The improvement: Enriching data with new ontologies, taxonomies, and controlled vocabularies
Despite a number of fits and starts, we were ultimately able to annotate a number of large research databases with several ontologies4, taxonomies, and controlled vocabularies available through UMLS. This has dramatically improved ResoluteAI’s faceted search feature, allowing users to filter their search results by using combinations of metadata. Analytics, especially heatmaps, have also been improved. For large datasets such as PubMed and Patents, this accelerates the research process, and in several cases to date has been extremely helpful in white space searches.
We are currently working on three next steps:
- Enrichment of publicly available databases with additional hierarchical metadata has proven to be valuable to researchers. We plan to extend this capability to customer-proprietary datasets as part of our Nebula enterprise search platform. Most corporate research data is poorly tagged and haphazardly managed; internal research can be dramatically improved by adding more structured, domain-specific metadata.
- We selected the taxonomies from UMLS that we believed would have the most immediate impact on our customers’ workflow. We have already had requests to further enrich our public domain databases with more UMLS taxonomies, as well as several from the The Open Biological and Biomedical Ontology (OBO) Foundry.

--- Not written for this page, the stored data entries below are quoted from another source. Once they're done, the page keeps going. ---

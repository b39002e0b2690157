//! Unsigned numbers (ISO 10206, 6.1.7).

ghost use Rattle.std.specs.Prelude.{◌≡◌, ◌+◌, ◌<◌, ◌≤◌, ◌==◌, length, position, IfSome, pos};
ghost use Rattle.std.specs.List.{prefix_len};
ghost use Rattle.ep_token.specs.Bytes.{number_sign};
ghost use Rattle.ep_token.specs.Numbers.{digit_value, continues_number, maxint};
ghost use Rattle.ep_token.specs.Reading as spec;
ghost use Rattle.ep_token.specs.Reading.{Gives, number_at, number_value, numeral};

use crate::piece::Piece;
use crate::refusal::TokenRefusal;
use crate::token::TokenKind;
use ep_base::Line;

/// The greatest integer.
const MAXINT: u64 = 9_223_372_036_854_775_807;

/// The number at the front, where a digit stands.
#[tactic(auto, unfolding(crate::specs::Reading::number_at))]
pub(crate) fn number_at(line: Line, bytes: &[u8]) -> Result<Piece, TokenRefusal>
    ensures { Gives result (number_at line bytes.now) }
{
    let len = number_end(bytes);
    match number_value(&bytes[..len]) {
        None => Err(TokenRefusal::BadNumber(line)),
        Some(value) => Ok((len, Some(TokenKind::Number(value as i64)))),
    }
}

/// The end of the letters, digits, underscores and `#` at the front. A number may not be followed by one of these,
/// so it is all of them or none.
fn number_end(bytes: &[u8]) -> usize
    ensures end { result ≡ prefix_len continues_number bytes.now }
    ensures within { result ≤ length bytes.now }
{
    for (i, byte) in bytes.iter().enumerate() {
        if !continues_number(*byte) {
            return i;
        }
    }
    bytes.len()
}

/// Whether a byte may not follow a number.
#[tactic(auto, unfolding(crate::specs::Numbers::continues_number))]
fn continues_number(byte: u8) -> bool
    ensures { result ≡ continues_number byte }
{
    byte.is_ascii_alphanumeric() || byte == b'_' || byte == b'#'
}

/// The value of a number, in a radix or not.
#[tactic(auto, unfolding(crate::specs::Reading::number_value))]
fn number_value(text: &[u8]) -> Option<u64>
    ensures value { result ≡ number_value text.now }
    ensures fits { IfSome result (λ value. value ≤ maxint) }
{
    match mark_of(text) {
        None => numeral(10, text),
        Some(mark) => in_radix(numeral(10, &text[..mark]), &text[mark + 1..]),
    }
}

/// The place of the first `#`.
fn mark_of(text: &[u8]) -> Option<usize>
    ensures mark { result ≡ position (λ b. b == number_sign) text.now }
    ensures within { IfSome result (λ mark. mark < length text.now) }
{
    text.iter().position(|byte| *byte == b'#')
}

/// The value of digits of a radix, which has to be from 2 to 36.
fn in_radix(radix: Option<u64>, digits: &[u8]) -> Option<u64>
    ensures value { result ≡ spec.in_radix radix digits.now }
    ensures fits { IfSome result (λ value. value ≤ maxint) }
{
    let radix = radix?;
    if radix < 2 || radix > 36 {
        return None;
    }
    numeral(radix, digits)
}

/// The value of digits of a radix.
#[tactic(auto, using(crate::proofs::Numerals::walk))]
fn numeral(radix: u64, digits: &[u8]) -> Option<u64>
    requires least { 2 ≤ radix }
    requires greatest { radix ≤ 36 }
    ensures value { result ≡ numeral radix digits.now }
    ensures fits { IfSome result (λ value. value ≤ maxint) }
{
    if digits.is_empty() {
        return None;
    }
    let mut value: u64 = 0;
    for byte in digits {
        let digit = digit_value(*byte);
        if digit >= radix {
            return None;
        }
        let Some(next) = appended(radix, value, digit) else {
            return None;
        };
        value = next;
    }
    Some(value)
}

/// The value of digits with one more, where it is at most maxint.
fn appended(radix: u64, value: u64, digit: u64) -> Option<u64>
    ensures { result ≡ spec.appended radix value digit }
{
    let next = value.checked_mul(radix)?.checked_add(digit)?;
    if next <= MAXINT { Some(next) } else { None }
}

/// The value of a digit or letter, or 36, which is no digit of any radix.
#[tactic(auto, unfolding(crate::specs::Numbers::digit_value))]
fn digit_value(byte: u8) -> u64
    ensures { result ≡ digit_value byte }
{
    if byte.is_ascii_digit() {
        (byte - b'0') as u64
    } else if byte.is_ascii_alphabetic() {
        (byte.to_ascii_lowercase() - 87) as u64
    } else {
        36
    }
}
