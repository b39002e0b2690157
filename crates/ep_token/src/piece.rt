//! What stands at a place: a token, a separating byte or a comment.

ghost use Rattle.std.specs.Prelude.{◌≡◌, ◌<◌, ◌≤◌, length, IfOk, slice_index};
ghost use Rattle.ep_token.specs.Reading.{Gives, piece_at, symbol_at};
ghost use Rattle.ep_token.specs.Tokens.{is_separator};

use crate::character_string::string_at;
use crate::comment::{comment_at, opens_comment};
use crate::identifier::name_at;
use crate::number::number_at;
use crate::refusal::TokenRefusal;
use crate::symbol::symbol_of;
use crate::token::TokenKind;
use ep_base::Line;
use std::alloc::Global;

/// The number of bytes of a piece, and its kind where it is a token.
pub(crate) type Piece = (usize, Option<TokenKind>);

/// The longest piece at the front.
#[tactic(auto, unfolding(crate::specs::Reading::piece_at))]
pub(crate) fn piece_at(alloc: Global, line: Line, bytes: &[u8]) -> Result<Piece, TokenRefusal>
    requires { 0 < length bytes.now }
    ensures { Gives result (piece_at line bytes.now) }
{
    if is_separator(bytes[0]) {
        return Ok((1, None));
    }
    if opens_comment(bytes) {
        return comment_at(line, bytes);
    }
    if bytes[0] == b'\'' {
        return string_at(alloc, line, bytes);
    }
    if bytes[0].is_ascii_digit() {
        return number_at(line, bytes);
    }
    if bytes[0].is_ascii_alphabetic() {
        return name_at(alloc, line, bytes);
    }
    symbol_at(line, bytes)
}

/// Whether a byte separates tokens.
#[tactic(auto, unfolding(crate::specs::Tokens::is_separator))]
fn is_separator(byte: u8) -> bool
    ensures { result ≡ is_separator byte }
{
    byte == b'\t' || byte == b'\n' || byte == b'\r' || byte == b' '
}

/// The symbol at the front, of two bytes if there is such a one.
#[tactic(auto, unfolding(crate::specs::Reading::symbol_at))]
fn symbol_at(line: Line, bytes: &[u8]) -> Result<Piece, TokenRefusal>
    requires { 0 < length bytes.now }
    ensures { Gives result (symbol_at line bytes.now) }
{
    if bytes.len() >= 2 {
        if let Some(symbol) = symbol_of(&bytes[..2]) {
            return Ok((2, Some(TokenKind::Sym(symbol))));
        }
    }
    match symbol_of(&bytes[..1]) {
        None => Err(TokenRefusal::NoToken(line)),
        Some(symbol) => Ok((1, Some(TokenKind::Sym(symbol)))),
    }
}
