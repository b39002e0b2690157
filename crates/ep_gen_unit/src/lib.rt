//! The code of statements and units.
//!
//! Promise: `program_code` answers exactly the object that specs/UnitCode.antt says a program is, and by
//! `laws_of_programs` (specs/ProgramLaws.antt) a run of its image tells what the program means, but for want of room,
//! within 64 ticks for a step and 64 steps for a tick. It stands on the code of expressions and types. Open
//! specs/StmtCode.antt first, then UnitCode.antt.
//! To change the code of a statement: specs/StmtCode.antt, src/statements.rt, loops.rt, tags.rt with
//! specs/TagCode.antt, items.rt for `write`; in proofs the file of its kind that ends in Forms for how it is put
//! together, and for what it does the one in Moves, or Branching, Simple or Writing; StmtMoves.antt and StmtStays.antt
//! for all. Routines and their variables: UnitCode.antt, src/program.rt, proofs/OwnMakes.antt, Routines.antt. Types:
//! TypeRoutines.antt.
#![tactic(auto)]

mod items;
mod laws;
mod loops;
mod program;
mod ranges;
mod statements;
mod tags;

pub use laws::{laws_of_programs, laws_of_statements, laws_of_units};
pub use program::program_code;
pub use statements::statement_code;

- While data enrichment has obvious benefits, in some respects it can contribute to information overload. To address this challenge ResoluteAI is incorporating many of these ontologies, taxonomies, and controlled vocabularies into a graph database, which will allow users to view the connections between content from disparate databases more efficiently. By clustering search results around annotations or combinations of annotations, users will be able to quickly identify papers, patents, clinical trials, etc. that meet highly granular specifications.

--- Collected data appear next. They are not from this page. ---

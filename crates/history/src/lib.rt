// Where lock broke: the messages of a recording go in one a call, and of those of one TYPE the breaks come out. A history is lent words: TYPE, then for
// each SID whether it was seen, its last time and its last lock count. The list is lent too, three numbers for each break. A refusal changes neither.
// C lends the two apart at each call, and so no struct holds both.
#![tactic(auto)]

ghost use Rattle.std.specs.Prelude.{◌≡◌, [], ◌∷◌, ◌+◌, ◌*◌, ◌≤◌, length};
ghost use Rattle.history.specs.Words.{history_words, last_from, fresh_words};
ghost use Rattle.history.specs.Appearances.{is_of};
ghost use Rattle.history.specs.Breaks.{number_of, said_of};
ghost use Rattle.history.specs.Calls.{list_numbers, Leaves, next_call, claimed_call};
ghost use Rattle.history.specs.Steps.{Takes, appearances_of, call_of};

use macm::{Claimed, Form};
use refusal::Refusal;

// The words of a history, and the numbers of a list that has room for the breaks of every message.
pub const WORDS: usize = 769;

pub const NUMBERS: usize = 765;

// Which of the two breaks, by its number in the list.
#[derive(Clone, Copy, Debug, PartialEq, Eq)]
pub enum Break {
    ClockBack = 1,
    NewLock = 2,
}

impl Break {
    fn number(self) -> u64
        ensures { result ≡ number_of self }
    {
        self as u64
    }
}

// An observation as a history takes it: its SID, the time of its message and its lock count.
#[derive(Clone, Copy)]
pub struct Appearance {
    pub sid: u8,
    pub time: u32,
    pub lock: u32,
}

// What a history has of a SID: whether it was seen, which is any word but 0, and its last time and lock count. Words as they are lent, so no Option.
#[derive(Clone, Copy)]
pub struct Last {
    pub seen: u64,
    pub time: u64,
    pub lock: u64,
}

// ---- the words

// A history in which nothing was seen, for one TYPE.
pub fn fresh(history: &mut [u64; WORDS], signal: u8)
    ensures { history.new ≡ fresh_words signal }
{
    *history = [0; WORDS];
    history[0] = signal as u64;
}

// What is kept in the three words of a SID.
fn last_of(row: &[u64]) -> Last
    requires { 3 ≤ length row.now }
    ensures { result ≡ last_from row.now 0 }
{
    Last {
        seen: row[0],
        time: row[1],
        lock: row[2],
    }
}

// Three numbers in place of a row's. One by one: a copy of a slice first asks whether the two overlap, and an observation takes a third longer.
fn put_three(row: &mut [u64], first: u64, second: u64, third: u64)
    requires { length row.old ≡ 3 }
    ensures { row.new ≡ first ∷ second ∷ third ∷ [] }
{
    row[0] = first;
    row[1] = second;
    row[2] = third;
}

// ---- one appearance

// What is said of a SID that appears with this time and lock count.
fn said_of(last: Last, time: u64, lock: u64) -> Option<Break>
    ensures { result ≡ said_of last time lock }
{
    if last.seen == 0 {
        return None;
    }
    if time < last.time {
        return Some(Break::ClockBack);
    }
    if lock < last.lock {
        return Some(Break::NewLock);
    }
    None
}

// One appearance, where so many breaks are listed: the SID's last pair is replaced, whatever is said of it.
fn appear(history: &mut [u64], list: &mut [u64], count: usize, appearance: Appearance) -> usize
    requires { (length history.old ≡ history_words) × (3 * count + 3 ≤ length list.old) }
    ensures { Takes history.old list.old count (appearance ∷ []) result history.new list.new }
{
    let sid = appearance.sid;
    let time = appearance.time as u64;
    let lock = appearance.lock as u64;
    let at = 1 + 3 * sid as usize;
    let row = &mut history[at..at + 3];
    let last = last_of(row);
    put_three(row, 1, time, lock);
    let Some(which) = said_of(last, time, lock) else {
        return count;
    };
    let end = 3 * count;
    put_three(&mut list[end..end + 3], sid as u64, time, which.number());
    count + 1
}

// ---- one message

// All observations of a message, in order.
fn appear_all(history: &mut [u64], list: &mut [u64], claimed: &Claimed) -> usize
    requires { (length history.old ≡ history_words) × (list_numbers ≤ length list.old) }
    ensures { Takes history.old list.old 0 (appearances_of claimed.now) result history.new list.new }
{
    let time = claimed.header().time;
    let mut listed = 0;
    for observation in claimed.observations() {
        let appearance = Appearance {
            sid: observation.sid,
            time,
            lock: observation.lock.count(),
        };
        listed = appear(history, list, listed, appearance);
    }
    listed
}

// Whether a message is of the new form with the TYPE of the history.
fn is_of(signal: u64, form: Form) -> bool
    ensures { result ≡ is_of signal form }
{
    match form {
        Form::New { signal: other, .. } => other as u64 == signal,
        Form::Old { .. } => false,
    }
}

// The breaks of a message that is checked, or claimed: the list is looked at before TYPE.
#[tactic(auto, using(crate::proofs::CallSteps::call_without_room, crate::proofs::CallSteps::call_passes_over), unfolding(macm::specs::Read::header_of))]
fn list_breaks(history: &mut [u64], list: &mut [u64], claimed: &Claimed) -> Result<usize, Refusal>
    requires { length history.old ≡ history_words }
    ensures { Leaves (call_of claimed.now history.old list.old) result history.new list.new }
{
    if list.len() < NUMBERS {
        return Err(Refusal::SmallBuffer);
    }
    if !is_of(history[0], claimed.form()) {
        return Ok(0);
    }
    Ok(appear_all(history, list, claimed))
}

// The breaks of exactly a message's bytes: how many stand at the front of the list (1 to 4, then 8).
#[tactic(auto, unfolding(crate::specs::Calls::call_by, macm::specs::Read::head_of, macm::specs::Read::head_by, macm::specs::Claimed::claimed_by))]
pub fn next_breaks(
    message: &[u8],
    history: &mut [u64; WORDS],
    list: &mut [u64],
) -> Result<usize, Refusal>
    ensures { Leaves (next_call message.now history.old list.old) result history.new list.new }
{
    let claimed = Claimed::checked(message)?;
    list_breaks(history, list, &claimed)
}

// The same of bytes that the division gave as a message (1 to 3, then 8): their checksum is not run again. Two names, since a host calls the other.
#[tactic(auto, unfolding(crate::specs::Calls::call_by, macm::specs::Read::claimed_head, macm::specs::Read::head_by, macm::specs::Claimed::claimed_by))]
pub fn claimed_breaks(
    message: &[u8],
    history: &mut [u64; WORDS],
    list: &mut [u64],
) -> Result<usize, Refusal>
    ensures { Leaves (claimed_call message.now history.old list.old) result history.new list.new }
{
    let claimed = Claimed::of(message)?;
    list_breaks(history, list, &claimed)
}
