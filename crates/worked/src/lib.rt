// Document 01's starred worked values and those of the change requests. No code: the cases are in specs/, the theorem in proofs/.
#![tactic(auto)]
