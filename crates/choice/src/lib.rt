// The choices of a row of values: at O the meant target of greatest value, the lowest number among equals.
#![tactic(auto)]

ghost use Rattle.std.specs.Prelude.{◌≡◌, ◌&&◌, List, ℕ, ◌<◌, ◌≤◌, length, get_or};
ghost use Rattle.rows.specs.Rows.{AtMove, ChartRows};
ghost use Rattle.rows.specs.Filling.{set_if};
ghost use Rattle.choice.specs.Choose.{Chosen, Fitting, is_better, own_move};

use rows::{NONE, clear};

// The target w is better than the best so far.
fn is_better(values: &[u16], best: u16, w: u16) -> bool
    requires { Fitting values.now best w }
    ensures { result ≡ is_better values.now best w }
{
    if best == NONE {
        return true;
    }
    let old = values[best as usize];
    let new = values[w as usize];
    if old < new {
        return true;
    }
    if old == new {
        return w < best;
    }
    false
}

// Takes the target of the i-th move as the choice of the position that it leaves, if it is the best so far.
fn choose_by(
    i: usize,
    owners: &[u8],
    costs: &[u8],
    froms: &[u16],
    tos: &[u16],
    values: &[u16],
    choices: &mut [u16],
)
    requires { AtMove i costs.now froms.now tos.now values.now choices.old × (get_or froms.now i 0 < length owners.now) × Fitting values.now (get_or choices.old (get_or froms.now i 0) 0) (get_or tos.now i 0) }
    ensures { choices.new ≡ set_if (own_move owners.now costs.now froms.now i && is_better values.now (get_or choices.old (get_or froms.now i 0) 0) (get_or tos.now i 0)) (get_or froms.now i 0) (get_or tos.now i 0) choices.old }
{
    if costs[i] != 0 {
        return;
    }
    let from = froms[i] as usize;
    if owners[from] != 0 {
        return;
    }
    let to = tos[i];
    if is_better(values, choices[from], to) {
        choices[from] = to;
    }
}

// The choice of each position by a row of values: one walk over the moves. The rows hold a chart.
pub fn choose(
    n: usize,
    m: usize,
    owners: &[u8],
    costs: &[u8],
    froms: &[u16],
    tos: &[u16],
    values: &[u16],
    choices: &mut [u16],
)
    requires { ((marks : List ℕ) × ChartRows n m owners.now marks costs.now froms.now tos.now) × (n ≤ length values.now) × (n ≤ length choices.old) }
    ensures { Chosen n m owners.now costs.now froms.now tos.now values.now choices.old choices.new }
{
    clear(n, choices);
    for i in 0..m {
        choose_by(i, owners, costs, froms, tos, values, choices);
    }
}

1 SciSpacy's entity linker matches entities to UMLS concepts based on textual similarity. It works as follows: it extracts entities from the text, called mentions. For each mention, it does a nearest neighbor search in a pre-computed index of UMLS concept aliases in the UMLS knowledge base. In order to do the nearest neighbors search (ANN), a mention of text is converted into a numerical vector of numbers based on a TF-IDF analysis of its 3-character n-grams. In other words, the text is broken down into n-grams like this: "biomedical" → [bio iom ome med edi dic ica al] and then each individual n-gram is assigned a weight indicating how "important" it is based on its frequency of occurrence within each concept alias vs. across all concepts. The final result is a vector that can be compared for similarity to other vectors such that similarity between the vectors indicates a strong similarity between the texts they represent and is robust enough to ignore minor spelling differences and word inversions. This robustness is another advantage over the OntoPortal usage of mgrep, since mrep is not able to recognize that minor variations are likely equivalent.

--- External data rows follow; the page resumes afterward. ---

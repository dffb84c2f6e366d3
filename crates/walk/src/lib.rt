// A chart read in one walk: each line is compared with the words that it must have, and the rows are written on the way. A walk that
// passes is an accepted text (specs/Walked.antt); one that stops says nothing, and `chart::examine` answers.
#![tactic(auto)]

ghost use Rattle.std.specs.Prelude.{◌≡◌, true, ℕ, ◌+◌, ◌*◌, ◌≤◌, ◌<◌, length};
ghost use Rattle.rows.specs.Rows.{RowIs, owner_number};
ghost use Rattle.chart.specs.Meaning.{owner_of};
ghost use Rattle.chart.specs.Examined.{header_of};
ghost use Rattle.walk.specs.Walked.{letter_of, mark_word, move_opening, middle_of, LineWords, LinesSpelt, Tables, Numbers, PositionsWalked, MovesWalked, KindsAllowed, WalkIs};

use rows::Chart;
use spelling::{spell, word};

// How many slots there are for the numbers of positions, found by their words.
const SLOTS: usize = 1024;

// With this factor no two positions' words have the same slot: it was found by trial. Nothing rests on it but the time.
const SPREAD: usize = 17307648;

// Walks over the lines after a header with these counts, which `chart::header` has taken. The rows are those of `decode::load`, with room for
// every chart; what lies past the counts stays. Which accepted charts pass is left to the walk: nothing rests on it but the time.
pub fn walk(
    text: &[u8],
    chart: Chart,
    owners: &mut [u8],
    marks: &mut [u8],
    costs: &mut [u8],
    froms: &mut [u16],
    tos: &mut [u16],
) -> bool
    requires text_value { header_of text.now ≡ Ok chart }
    requires in_bounds { (512 ≤ length owners.old) × (512 ≤ length marks.old) }
    requires in_bounds_2 { (4096 ≤ length costs.old) × (4096 ≤ length froms.old) × (4096 ≤ length tos.old) }
    ensures { WalkIs text.now chart result owners.old owners.new marks.old marks.new costs.old costs.new froms.old froms.new tos.old tos.new }
{
    let n = chart.positions;
    let m = chart.moves;
    let mut openings = [0u32; 2 * Chart::POSITIONS];
    let mut middles = [0u32; Chart::POSITIONS];
    let mut closings = [0u32; Chart::POSITIONS];
    spell_lines(n, &mut openings, &mut middles, &mut closings);
    if !walk_positions(text, n, &openings, &middles, owners, marks) {
        return false;
    }
    let mut numbers = [0u16; SLOTS];
    file_numbers(n, &closings, &mut numbers);
    let mut kinds = [0u8; 2 * Chart::POSITIONS];
    if !walk_moves(
        text, n, m, &openings, &middles, &closings, &numbers, &mut kinds, costs, froms, tos,
    ) {
        return false;
    }
    kinds_allowed(owners, n, &kinds)
}

// The words of the lines of n positions: how a move from each opens, meant and as a disturbance, how a line from it goes on, and how a move
// to it closes. An M is 77 (0x4d), a D 68, a space 0x20, a line feed 0x0a; the first byte of a word is the lowest.
fn spell_lines(n: usize, openings: &mut [u32], middles: &mut [u32], closings: &mut [u32])
    requires { (n ≤ 512) × (2 * n ≤ length openings.old) × (n ≤ length middles.old) × (n ≤ length closings.old) }
    ensures { LinesSpelt n openings.old openings.new middles.old middles.new closings.old closings.new }
{
    for v in 0..n {
        let spelling = spell(v);
        let opening = spelling % 256 * 0x0100_0000 + 0x0020_204d;
        openings[2 * v] = opening;
        openings[2 * v + 1] = opening - 9;
        middles[v] = spelling / 256 + 0x2020_0000;
        closings[v] = spelling + 0x0a00_0000;
    }
}

// The position lines: the letter O, L or R in the place of the M, the number in order, the mark 0, 1 or blank. A space's last bit is 0, as a
// blank mark is.
fn walk_positions(
    text: &[u8],
    n: usize,
    openings: &[u32],
    middles: &[u32],
    owners: &mut [u8],
    marks: &mut [u8],
) -> bool
    requires n_bound { (n ≤ 512) × ((n + 1) * 12 ≤ length text.now) }
    requires row_is { RowIs openings.now (2 * n) move_opening × (2 * n ≤ length openings.now) }
    requires row_is_2 { RowIs middles.now n middle_of × (n ≤ length middles.now) }
    requires n_in_bounds { (n ≤ length owners.old) × (n ≤ length marks.old) }
    ensures { PositionsWalked text.now n result owners.old owners.new marks.old marks.new }
{
    for v in 0..n {
        let at = (v + 1) * Chart::LINE;
        let owner = owner(text[at]);
        let last = text[at + 10];
        let opening = openings[2 * v] - 77 + letter_of(owner);
        if !line_is(text, at, opening, middles[v], mark_word(last)) {
            return false;
        }
        owners[v] = owner;
        marks[v] = last % 2;
    }
    true
}

// The letter of an owner: O (79), L (76) or R (82).
fn letter_of(owner: u8) -> u32
    ensures { result ≡ letter_of owner }
{
    if owner == 1 {
        return 76;
    }
    if owner == 2 { 82 } else { 79 }
}

// How a position's line closes, by the last byte of its mark: spaces, or the spelling of 0 or 1, and a line feed.
fn mark_word(last: u8) -> u32
    ensures { result ≡ mark_word last }
{
    if last == b' ' {
        return 0x0a20_2020;
    }
    spell((last % 2) as usize) + 0x0a00_0000
}

// Each position's number in the slot of its word. A slot with none has 0: so what is found is a position, if perhaps not that of the word.
fn file_numbers(n: usize, closings: &[u32], numbers: &mut [u16])
    requires { (n ≤ 512) × (n ≤ length closings.now) × Numbers numbers.old 1 × (1 ≤ n) }
    ensures { Numbers numbers.new n }
{
    for v in 0..n {
        numbers[slot(closings[v])] = v as u16;
    }
}

// The slot of a word, by its first three bytes.
fn slot(word: u32) -> usize
    ensures { result < 1024 }
{
    word as usize * SPREAD / 0x0040_0000 % SLOTS
}

// The move lines. Moves rise where their ranks do, which have from above cost above to. What is found of a line's numbers and letter is tested
// by comparing the line with their words. Which kinds of moves each position has is noted on the way: meant at 2 v, disturbance at 2 v + 1.
fn walk_moves(
    text: &[u8],
    n: usize,
    m: usize,
    openings: &[u32],
    middles: &[u32],
    closings: &[u32],
    numbers: &[u16],
    kinds: &mut [u8],
    costs: &mut [u8],
    froms: &mut [u16],
    tos: &mut [u16],
) -> bool
    requires tables { Tables n openings.now middles.now closings.now numbers.now }
    requires row_is { RowIs kinds.old (2 * n) (λ k. 0) × (2 * n ≤ length kinds.old) }
    requires m_bound { (m ≤ 4096) × ((n + 1 + m) * 12 ≤ length text.now) }
    requires m_in_bounds { (m ≤ length costs.old) × (m ≤ length froms.old) × (m ≤ length tos.old) }
    ensures { MovesWalked text.now n m result kinds.old kinds.new costs.old costs.new froms.old froms.new tos.old tos.new }
{
    let mut lowest: usize = 0;
    for i in 0..m {
        let at = (n + 1 + i) * Chart::LINE;
        let from = number_at(text, at + 3, numbers);
        let to = number_at(text, at + 8, numbers);
        let cost = cost_at(text, at);
        let kind = 2 * from + cost;
        if !line_is(text, at, openings[kind], middles[from], closings[to]) {
            return false;
        }
        let rank = kind * 512 + to;
        if rank < lowest {
            return false;
        }
        costs[i] = cost as u8;
        froms[i] = from as u16;
        tos[i] = to as u16;
        kinds[kind] = 1;
        lowest = rank + 1;
    }
    true
}

// The position whose number is spelt from `at` on, if one is.
fn number_at(text: &[u8], at: usize, numbers: &[u16]) -> usize
    requires { (at + 4 ≤ length text.now) × (1024 ≤ length numbers.now) }
    ensures { (n : ℕ) → Numbers numbers.now n → result < n }
{
    numbers[slot(word(text, at))] as usize
}

// The cost of the move of a letter, if it is M, which is odd, or D.
fn cost_at(text: &[u8], at: usize) -> usize
    requires { at + 4 ≤ length text.now }
    ensures { result ≤ 1 }
{
    (1 - word(text, at) % 2) as usize
}

// Whether the twelve bytes from `at` are these three words.
fn line_is(text: &[u8], at: usize, opening: u32, middle: u32, closing: u32) -> bool
    requires { at + 12 ≤ length text.now }
    ensures { result ≡ true → LineWords text.now at opening middle closing }
{
    if word(text, at) != opening {
        return false;
    }
    if word(text, at + 4) != middle {
        return false;
    }
    word(text, at + 8) == closing
}

// Whether each position has the kinds of moves that its owner needs and no other: a meant move, but for an R (2), which has none, and no
// disturbance at an L (1). No jump depends on the owner but to stop.
fn kinds_allowed(owners: &[u8], n: usize, kinds: &[u8]) -> bool
    requires { (n ≤ 512) × (n ≤ length owners.now) × (2 * n ≤ length kinds.now) }
    ensures { result ≡ true → KindsAllowed owners.now n kinds.now }
{
    for v in 0..n {
        let owner = owners[v] as usize;
        if kinds[2 * v] as usize + owner / 2 != 1 {
            return false;
        }
        if kinds[2 * v + 1] as usize + owner % 2 == 2 {
            return false;
        }
    }
    true
}

// The controller is 0, the environment 1, nobody 2.
pub fn owner(letter: u8) -> u8
    ensures { result ≡ owner_number (owner_of letter) }
{
    if letter == b'L' {
        return 1;
    }
    if letter == b'R' { 2 } else { 0 }
}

2 A specialized entity extractor powered by a neural network trained on medical and scientific corpora does a better job at entity extraction than simpler methods such as word boundary tokenization. For example, it will recognize phrases like "Post Traumatic Stress Disease" as a single concept.
3 Approximate Nearest Neighbor Search is a proximity search for points (e.g. UMLS aliases) close to a given query point (e.g. extracted mentions). We use LSH (locality sensitive hashing) but have begun transitioning to HNSW (hierarchical navigable small worlds).
4 MeSH, MedDRA, RxNorm, OMIM, GO, SNOMED CT, and ICD-10.